### Extracted entries
══════════

//! What comes out of terms, and what stands in them behind keys that are missing, by numbers of a pool.
ghost use Rattle.std.specs.Prelude.{◌≡◌, ◌<◌, ◌++◌, ◌&&◌, List, Bool, ℕ, Some, true, false, drop, length, map, slice_get, IfOk, OnOk, IsTrue};
ghost use Rattle.std.specs.List.{flat_map};
ghost use Rattle.anb_term.specs.Operator.{undoable};
ghost use Rattle.anb_term.specs.Tree.{Tree, trees_of};
ghost use Rattle.anb_intern.specs.Nodes.{operands_at, AreUnder};
ghost use Rattle.anb_reason.specs.Decided.{composes};
ghost use Rattle.anb_lack.specs.Opened.{are_had, comes_out, inside, first_lacking, is_locked, missing_key};

use anb_base::NoMemory;
use anb_intern::{Node, NodeId, Pool};
use anb_reason::{all_flagged, back, front, same_flags};
use anb_term::Op;
use std::alloc::Global;

/// Appends the numbers of what comes out of a term for who has the keys with the flag, outside first.
#[cycle(out)]
pub(crate) fn put_out(
    out: &mut Vec<NodeId>,
    pool: &Pool,
    flags: &[bool],
    id: NodeId,
) -> Result<(), NoMemory>
    requires within { id.0 < length pool.now }
    requires long { length flags.now ≡ length pool.now }
    requires under { AreUnder (length pool.now) out.old.items }
    ensures under { OnOk result (AreUnder (length pool.now) out.new.items) }
    ensures out { OnOk result ((has : Tree → Bool) (t : Tree) → flags.now ≡ map has pool.now
        → slice_get pool.now id.0 ≡ Some t
        → operands_at pool.now out.new.items
        ≡ operands_at pool.now out.old.items ++ comes_out has t) }
{
    out.push(id)?;
    match pool.get(id) {
        Node::Atom(_) => Ok(()),
        Node::Apply(op, ids) => {
            if !opens(pool, flags, *op, ids) {
                return Ok(());
            }
            put_all_out(out, pool, flags, back(ids, op.keys() as usize), id)?;
            Ok(())
        }
    }
}

/// Appends those of each of these terms, whose numbers are below another.
#[cycle(out)]
fn put_all_out(
    out: &mut Vec<NodeId>,
    pool: &Pool,
    flags: &[bool],
    ids: &[NodeId],
    end: NodeId,
) -> Result<(), NoMemory>
    requires below { AreUnder end.0 ids.now }
    requires within { end.0 < length pool.now }
    requires long { length flags.now ≡ length pool.now }
    requires under { AreUnder (length pool.now) out.old.items }
    ensures under { OnOk result (AreUnder (length pool.now) out.new.items) }
    ensures out { OnOk result ((has : Tree → Bool) → flags.now ≡ map has pool.now
        → operands_at pool.now out.new.items ≡ operands_at pool.now out.old.items
        ++ flat_map (comes_out has) (operands_at pool.now ids.now)) }
{
    for id in ids {
        put_out(out, pool, flags, *id)?;
    }
    Ok(())
}

/// Whether an operator on these can be undone with the keys that have the flag.
fn opens(pool: &Pool, flags: &[bool], op: Op, ids: &[NodeId]) -> bool
    requires under { AreUnder (length pool.now) ids.now }
    requires long { length flags.now ≡ length pool.now }
    ensures { (has : Tree → Bool) → flags.now ≡ map has pool.now
        → result ≡ (undoable op && are_had has op (trees_of (operands_at pool.now ids.now))) }
{
    let _ = pool.len();
    op.undoes() && all_flagged(flags, front(ids, op.keys() as usize))
}

/// Whether a term can be undone, and not all its keys have the flag.
pub(crate) fn is_locked(pool: &Pool, flags: &[bool], id: NodeId) -> bool
    requires within { id.0 < length pool.now }
    requires long { length flags.now ≡ length pool.now }
    ensures { (S : List Tree) (t : Tree) → flags.now ≡ map (composes S) pool.now
        → slice_get pool.now id.0 ≡ Some t → result ≡ is_locked S t }
{
    match pool.get(id) {
        Node::Atom(_) => false,
        Node::Apply(op, ids) => {
            op.undoes() && !all_flagged(flags, front(ids, op.keys() as usize))
        }
    }
}

/// The first key of a term that hasn't the flag; of a name itself.
pub(crate) fn missing_key(pool: &Pool, flags: &[bool], id: NodeId) -> NodeId
    requires within { id.0 < length pool.now }
    requires long { length flags.now ≡ length pool.now }
    ensures within { result.0 < length pool.now }
    ensures key { (S : List Tree) (t : Tree) → flags.now ≡ map (composes S) pool.now
        → slice_get pool.now id.0 ≡ Some t
        → slice_get pool.now result.0 ≡ Some (missing_key S t) }
{
    match pool.get(id) {
        Node::Atom(_) => id,
        Node::Apply(op, ids) => first_without(pool, flags, front(ids, op.keys() as usize), id),
    }
}

/// The first of these that hasn't the flag, or the other one.
fn first_without(pool: &Pool, flags: &[bool], ids: &[NodeId], other: NodeId) -> NodeId
    requires within { other.0 < length pool.now }
    requires under { AreUnder (length pool.now) ids.now }
    requires long { length flags.now ≡ length pool.now }
    ensures within { result.0 < length pool.now }
    ensures key { (S : List Tree) (t : Tree) → flags.now ≡ map (composes S) pool.now
        → slice_get pool.now other.0 ≡ Some t
        → slice_get pool.now result.0
        ≡ Some (first_lacking S t (operands_at pool.now ids.now)) }
{
    let _ = pool.len();
    for id in ids {
        if !flags[id.0 as usize] {
            return *id;
        }
    }
    other
}

/// The numbers of what comes out of a term's parts for who has all keys.
pub(crate) fn inside(alloc: Global, pool: &Pool, id: NodeId) -> Result<Vec<NodeId>, NoMemory>
    requires { id.0 < length pool.now }
    ensures under { IfOk result (λ ids. AreUnder (length pool.now) ids.items) }
    ensures inside { IfOk result (λ ids. (t : Tree) → slice_get pool.now id.0 ≡ Some t
        → operands_at pool.now ids.items ≡ inside t) }
{
    let all = same_flags(alloc, pool.len() as usize, true)?;
    let mut out = Vec::new(alloc);
    put_inside(&mut out, pool, &all, id)?;
    Ok(out)
}

/// Appends them, where each has the flag.
fn put_inside(
    out: &mut Vec<NodeId>,
    pool: &Pool,
    flags: &[bool],
    id: NodeId,
) -> Result<(), NoMemory>
    requires within { id.0 < length pool.now }
    requires flags { flags.now ≡ map (λ t. true) pool.now }
    requires long { length flags.now ≡ length pool.now }
    requires under { AreUnder (length pool.now) out.old.items }
    ensures under { OnOk result (AreUnder (length pool.now) out.new.items) }
    ensures inside { OnOk result ((t : Tree) → slice_get pool.now id.0 ≡ Some t
        → operands_at pool.now out.new.items
        ≡ operands_at pool.now out.old.items ++ inside t) }
{
    match pool.get(id) {
        Node::Atom(_) => Ok(()),
        Node::Apply(op, ids) => {
            put_all_out(out, pool, flags, back(ids, op.keys() as usize), id)?;
            Ok(())
        }
    }
}

/// The numbers of what comes out of each of these terms for who has the keys with the flag.
pub(crate) fn opened(
    alloc: Global,
    pool: &Pool,
    flags: &[bool],
    ids: &[NodeId],
) -> Result<Vec<NodeId>, NoMemory>
    requires under { AreUnder (length pool.now) ids.now }
    requires long { length flags.now ≡ length pool.now }
    ensures under { IfOk result (λ out. AreUnder (length pool.now) out.items) }
    ensures out { IfOk result (λ out. (has : Tree → Bool) → flags.now ≡ map has pool.now
        → operands_at pool.now out.items
        ≡ flat_map (comes_out has) (operands_at pool.now ids.now)) }
{
    let mut out = Vec::new(alloc);
    for id in ids {
        put_out(&mut out, pool, flags, *id)?;
    }
    Ok(out)
}

/// The flags of these numbers.
pub(crate) fn flags_at(
    alloc: Global,
    pool: &Pool,
    flags: &[bool],
    ids: &[NodeId],
) -> Result<Vec<bool>, NoMemory>
    requires under { AreUnder (length pool.now) ids.now }
    requires long { length flags.now ≡ length pool.now }
    ensures { IfOk result (λ out. (P : Tree → Bool) → flags.now ≡ map P pool.now
        → out.items ≡ map P (operands_at pool.now ids.now)) }
{
    let _ = pool.len();
    let mut out = Vec::new(alloc);
    for id in ids {
        out.push(flags[id.0 as usize])?;
    }
    Ok(out)
}
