//! Where the terms of a refusal's list are from: an event, or the role builds them.
ghost use Rattle.std.specs.Prelude.{◌≡◌, ◌<◌, length, map, IfOk};
ghost use Rattle.std.specs.List.{AllByRecursion, AllZip};
ghost use Rattle.anb_term.specs.View.{tree_of};
ghost use Rattle.anb_protocol.specs.Laws.{HoldsOf};
ghost use Rattle.anb_protocol.specs.Plans.{plan_of};
ghost use Rattle.anb_protocol.specs.Texts.{IsTermOf};
ghost use Rattle.anb_protocol.specs.Views.{plan_event};
ghost use Rattle.anb_compile.specs.Unsent.{labels_of};
ghost use Rattle.anb_lack.specs.Before.{IsBefore, is_send, or_built, unless_built};
ghost use Rattle.anb_lack.specs.Origins.{HasBy, IsListedFrom, is_out};

use crate::opening::{flags_at, opened};
use crate::origins::{Origin, origins};
use anb_base::NoMemory;
use anb_intern::Pool;
use anb_protocol::{Event, Protocol};
use anb_reason::{composing, marks, put_all};
use anb_term::Term;
use std::alloc::Global;

/// Where each of these terms is from, which a role has after these events of its plan.
pub(crate) fn listed_origins(
    alloc: Global,
    p: &Protocol,
    role: u32,
    terms: &[Term],
    before: &[Event],
) -> Result<Vec<Origin>, NoMemory>
    requires role { role < length p.now.roles }
    requires holds { HoldsOf p.now }
    requires terms { AllByRecursion (IsTermOf p.now) (map tree_of terms.now) }
    requires had { AllByRecursion (HasBy p.now (plan_of p.now role) (length (plan_of p.now role)))
        (map tree_of terms.now) }
    ensures { IfOk result (λ origins. AllZip (IsListedFrom p.now (map tree_of terms.now)
        (plan_of p.now role) (map plan_event before.now)) (map tree_of terms.now) origins.items) }
{
    let came = origins(alloc, p, role, terms)?;
    let out = come_out(alloc, terms, before)?;
    let listed = unless_built(alloc, &came, &out)?;
    Ok(listed)
}

/// For each of these terms, whether it comes out of what these events bring, by what composes from them.
fn come_out(alloc: Global, terms: &[Term], events: &[Event]) -> Result<Vec<bool>, NoMemory>
    ensures { IfOk result (λ flags. flags.items
        ≡ map (is_out (map tree_of terms.now) (map plan_event events.now))
        (map tree_of terms.now)) }
{
    let labels = label_terms(alloc, events)?;
    let mut pool = Pool::new(alloc);
    let had = put_all(alloc, &mut pool, terms)?;
    let brought = put_all(alloc, &mut pool, &labels)?;
    let listed = marks(alloc, &pool, &had)?;
    let composing = composing(alloc, &pool, &listed)?;
    let out = opened(alloc, &pool, &composing, &brought)?;
    let marks = marks(alloc, &pool, &out)?;
    let flags = flags_at(alloc, &pool, &marks, &had)?;
    Ok(flags)
}

/// The terms that events bring.
fn label_terms(alloc: Global, events: &[Event]) -> Result<Vec<Term>, NoMemory>
    ensures { IfOk result (λ terms.
        map tree_of terms.items ≡ labels_of (map plan_event events.now)) }
{
    let mut terms = Vec::new(alloc);
    for event in events {
        match event {
            Event::Send { .. } => {}
            _ => terms.push(event.term().copy(alloc)?)?,
        }
    }
    Ok(terms)
}

/// These origins where the flag is set, and else that the role builds the term.
fn unless_built(alloc: Global, came: &[Origin], out: &[bool]) -> Result<Vec<Origin>, NoMemory>
    requires { length came.now ≡ length out.now }
    ensures { IfOk result (λ origins. origins.items ≡ unless_built out.now came.now) }
{
    let mut origins = Vec::new(alloc);
    for i in 0..came.len() {
        let origin = or_built(out[i], came[i]);
        origins.push(origin)?;
    }
    Ok(origins)
}

/// An origin where the flag is set, and else that the role builds the term.
fn or_built(out: bool, origin: Origin) -> Origin
    ensures { result ≡ or_built out origin }
{
    if out { origin } else { Origin::Built }
}

/// The events before the send of an action.
pub(crate) fn before_send(events: &[Event], action: u32) -> &[Event]
    ensures { IsBefore action (map plan_event events.now) (map plan_event result.now) }
{
    for i in 0..events.len() {
        if sends(&events[i], action) {
            return &events[..i];
        }
    }
    events
}

/// Whether an event sends an action.
fn sends(event: &Event, action: u32) -> bool
    ensures { result ≡ is_send action (plan_event event.now) }
{
    match event {
        Event::Send { action: a, .. } => *a == action,
        _ => false,
    }
}
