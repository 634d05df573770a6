//! Which roles know a key, and which make it.
ghost use Rattle.std.specs.Prelude.{◌≡◌, ◌<◌, ℕ, List, Bool, Some, length, map, slice_get, IfOk};
ghost use Rattle.std.specs.List.{flat_map};
ghost use Rattle.anb_term.specs.Tree.{Tree};
ghost use Rattle.anb_term.specs.View.{tree_of};
ghost use Rattle.anb_protocol.specs.Views.{plan_event};
ghost use Rattle.anb_reason.specs.Decided.{is_among};
ghost use Rattle.anb_lack.specs.Roots.{is_had, known_at, knows, made_at, makes};
ghost use Rattle.anb_lack.specs.Rows.{AreRows};

use crate::opening::{flags_at, opened};
use anb_base::NoMemory;
use anb_intern::Pool;
use anb_protocol::{Event, Protocol, protocols_hold};
use anb_reason::{composing, marks, put_all};
use anb_term::Term;
use std::alloc::Global;

/// For each role, which of these keys it knows.
pub(crate) fn knowing(
    alloc: Global,
    protocol: &Protocol,
    keys: &[Term],
) -> Result<Vec<Vec<bool>>, NoMemory>
    ensures { IfOk result (λ rows. AreRows (length protocol.now.roles)
        (map tree_of keys.now) (knows protocol.now) rows.items) }
{
    protocols_hold();
    let _ = protocol.name();
    let mut rows = Vec::new(alloc);
    for role in 0..protocol.roles().len() {
        let plan = protocol.plan(alloc, role as u32)?;
        let known = known_terms(alloc, plan.events())?;
        let row = had(alloc, &known, keys)?;
        rows.push(row)?;
    }
    Ok(rows)
}

/// For each role, which of these it makes.
pub(crate) fn making(
    alloc: Global,
    protocol: &Protocol,
    keys: &[Term],
) -> Result<Vec<Vec<bool>>, NoMemory>
    ensures { IfOk result (λ rows. AreRows (length protocol.now.roles)
        (map tree_of keys.now) (makes protocol.now) rows.items) }
{
    protocols_hold();
    let _ = protocol.name();
    let mut rows = Vec::new(alloc);
    for role in 0..protocol.roles().len() {
        let plan = protocol.plan(alloc, role as u32)?;
        let made = made_terms(alloc, plan.events())?;
        let row = among(alloc, &made, keys)?;
        rows.push(row)?;
    }
    Ok(rows)
}

/// What is known from the start.
fn known_terms(alloc: Global, events: &[Event]) -> Result<Vec<Term>, NoMemory>
    ensures { IfOk result (λ terms.
        map tree_of terms.items ≡ flat_map known_at (map plan_event events.now)) }
{
    let mut terms = Vec::new(alloc);
    for event in events {
        match event {
            Event::Know(term) => terms.push(term.copy(alloc)?)?,
            _ => {}
        }
    }
    Ok(terms)
}

/// What is made.
fn made_terms(alloc: Global, events: &[Event]) -> Result<Vec<Term>, NoMemory>
    ensures { IfOk result (λ terms.
        map tree_of terms.items ≡ flat_map made_at (map plan_event events.now)) }
{
    let mut terms = Vec::new(alloc);
    for event in events {
        match event {
            Event::Fresh(term) => terms.push(term.copy(alloc)?)?,
            _ => {}
        }
    }
    Ok(terms)
}

/// For each of these keys, whether it composes from these terms and what comes out of them.
fn had(alloc: Global, terms: &[Term], keys: &[Term]) -> Result<Vec<bool>, NoMemory>
    ensures { IfOk result (λ flags.
        flags.items ≡ map (is_had (map tree_of terms.now)) (map tree_of keys.now)) }
{
    let mut pool = Pool::new(alloc);
    let known = put_all(alloc, &mut pool, terms)?;
    let asked = put_all(alloc, &mut pool, keys)?;
    let listed = marks(alloc, &pool, &known)?;
    let composing_at_first = composing(alloc, &pool, &listed)?;
    let out = opened(alloc, &pool, &composing_at_first, &known)?;
    let had = marks(alloc, &pool, &out)?;
    let composing_then = composing(alloc, &pool, &had)?;
    let flags = flags_at(alloc, &pool, &composing_then, &asked)?;
    Ok(flags)
}

/// For each of these keys, whether it is one of the terms.
fn among(alloc: Global, terms: &[Term], keys: &[Term]) -> Result<Vec<bool>, NoMemory>
    ensures { IfOk result (λ flags.
        flags.items ≡ map (is_among (map tree_of terms.now)) (map tree_of keys.now)) }
{
    let mut pool = Pool::new(alloc);
    let listed = put_all(alloc, &mut pool, terms)?;
    let asked = put_all(alloc, &mut pool, keys)?;
    let marks = marks(alloc, &pool, &listed)?;
    let flags = flags_at(alloc, &pool, &marks, &asked)?;
    Ok(flags)
}
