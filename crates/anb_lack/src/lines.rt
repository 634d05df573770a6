//! The lines of a refusal's text.
ghost use Rattle.std.specs.Prelude.{◌≡◌, ◌++◌, OnOk, codes, decimal, length, map};
ghost use Rattle.std.specs.List.{AllByRecursion, flat_map};
ghost use Rattle.anb_term.specs.View.{tree_of};
ghost use Rattle.anb_protocol.specs.Texts.{IsTermOf};
ghost use Rattle.anb_lack.specs.Lacking.{had_text, lacking_line, lacking_text};
ghost use Rattle.anb_lack.specs.Lacking.{origin_line, origin_lines, origin_text, refused_text};

use crate::origins::Origin;
use anb_base::{NoMemory, Text};
use anb_protocol::Protocol;
use anb_reason::Refusal;
use anb_term::Term;
use itoa::Buffer;
use std::alloc::Global;

/// Appends what the action is that can't be sent.
pub(crate) fn put_refused(
    alloc: Global,
    out: &mut Vec<u8>,
    protocol: &Protocol,
    sender: &Text,
    refusal: &Refusal,
) -> Result<(), NoMemory>
    requires { IsTermOf protocol.now (tree_of refusal.now.term) }
    ensures { OnOk result (out.new.items
        ≡ out.old.items ++ refused_text protocol.now sender.now refusal.now) }
{
    let message = protocol.text_of_term(alloc, &refusal.term)?;
    put(out, sender.as_str())?;
    put(out, " can't compose ")?;
    put(out, message.as_str())?;
    put(out, " at action ")?;
    put_number(out, refusal.action)?;
    Ok(())
}

/// Appends what the role has, with where each term is from.
pub(crate) fn put_had(
    alloc: Global,
    out: &mut Vec<u8>,
    protocol: &Protocol,
    terms: &[Term],
    origins: &[Origin],
) -> Result<(), NoMemory>
    requires terms { AllByRecursion (IsTermOf protocol.now) (map tree_of terms.now) }
    requires long { length origins.now ≡ length terms.now }
    ensures { OnOk result (out.new.items
        ≡ out.old.items ++ had_text protocol.now (map tree_of terms.now) origins.now) }
{
    if terms.is_empty() {
        return put(out, "it has nothing\n");
    }
    put(out, "it has:\n")?;
    put_had_lines(alloc, out, protocol, terms, origins)?;
    Ok(())
}

/// Appends the terms that the role has, a line each.
fn put_had_lines(
    alloc: Global,
    out: &mut Vec<u8>,
    protocol: &Protocol,
    terms: &[Term],
    origins: &[Origin],
) -> Result<(), NoMemory>
    requires terms { AllByRecursion (IsTermOf protocol.now) (map tree_of terms.now) }
    requires long { length origins.now ≡ length terms.now }
    ensures { OnOk result (out.new.items
        ≡ out.old.items ++ origin_lines protocol.now (map tree_of terms.now) origins.now) }
{
    for i in 0..terms.len() {
        put_had_line(alloc, out, protocol, &terms[i], origins[i])?;
    }
    Ok(())
}

/// Appends a term that the role has.
fn put_had_line(
    alloc: Global,
    out: &mut Vec<u8>,
    protocol: &Protocol,
    term: &Term,
    origin: Origin,
) -> Result<(), NoMemory>
    requires { IsTermOf protocol.now (tree_of term.now) }
    ensures { OnOk result (out.new.items
        ≡ out.old.items ++ origin_line protocol.now (tree_of term.now) origin) }
{
    let text = protocol.text_of_term(alloc, term)?;
    put(out, "  ")?;
    put(out, text.as_str())?;
    put(out, ", ")?;
    put_origin(out, origin)?;
    put(out, "\n")
}

/// Appends where a term is from.
fn put_origin(out: &mut Vec<u8>, origin: Origin) -> Result<(), NoMemory>
    ensures { OnOk result (out.new.items ≡ out.old.items ++ origin_text origin) }
{
    match origin {
        Origin::Known => put(out, "known"),
        Origin::Made => put(out, "made"),
        Origin::Built => put(out, "built"),
        Origin::Received(action) => put_action(out, action),
    }
}

/// Appends the parts that the role can't make.
pub(crate) fn put_lacking(
    alloc: Global,
    out: &mut Vec<u8>,
    protocol: &Protocol,
    parts: &[Term],
) -> Result<(), NoMemory>
    requires { AllByRecursion (IsTermOf protocol.now) (map tree_of parts.now) }
    ensures { OnOk result (out.new.items
        ≡ out.old.items ++ lacking_text protocol.now (map tree_of parts.now)) }
{
    put(out, "it can't make:\n")?;
    put_parts(alloc, out, protocol, parts)
}

/// Appends parts that the role can't make, a line each.
fn put_parts(
    alloc: Global,
    out: &mut Vec<u8>,
    protocol: &Protocol,
    parts: &[Term],
) -> Result<(), NoMemory>
    requires { AllByRecursion (IsTermOf protocol.now) (map tree_of parts.now) }
    ensures { OnOk result (out.new.items
        ≡ out.old.items ++ flat_map (lacking_line protocol.now) (map tree_of parts.now)) }
{
    for part in parts {
        put_part(alloc, out, protocol, part)?;
    }
    Ok(())
}

/// Appends a part that the role can't make.
fn put_part(
    alloc: Global,
    out: &mut Vec<u8>,
    protocol: &Protocol,
    part: &Term,
) -> Result<(), NoMemory>
    requires { IsTermOf protocol.now (tree_of part.now) }
    ensures { OnOk result (out.new.items
        ≡ out.old.items ++ lacking_line protocol.now (tree_of part.now)) }
{
    let text = protocol.text_of_term(alloc, part)?;
    put(out, "  ")?;
    put(out, text.as_str())?;
    put(out, "\n")
}

/// Appends the number of the action that brought a term.
fn put_action(out: &mut Vec<u8>, action: u32) -> Result<(), NoMemory>
    ensures { OnOk result (out.new.items
        ≡ out.old.items ++ (codes "from action " ++ decimal action)) }
{
    put(out, "from action ")?;
    put_number(out, action)?;
    Ok(())
}

/// Appends a number.
pub(crate) fn put_number(out: &mut Vec<u8>, number: u32) -> Result<(), NoMemory>
    ensures { OnOk result (out.new.items ≡ out.old.items ++ decimal number) }
{
    let mut digits = Buffer::new();
    put(out, digits.format(number))
}

/// Appends a text.
pub(crate) fn put(out: &mut Vec<u8>, text: &str) -> Result<(), NoMemory>
    ensures { OnOk result (out.new.items ≡ out.old.items ++ text.now) }
{
    out.extend_from_slice(text.as_bytes())?;
    Ok(())
}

══════════

### Work instruction
Take every line above where "return" appears and copy it.

### Answer to the exercise
                return Ok(());
            return *id;
            return &events[..i];
        return put(out, "it has nothing\n");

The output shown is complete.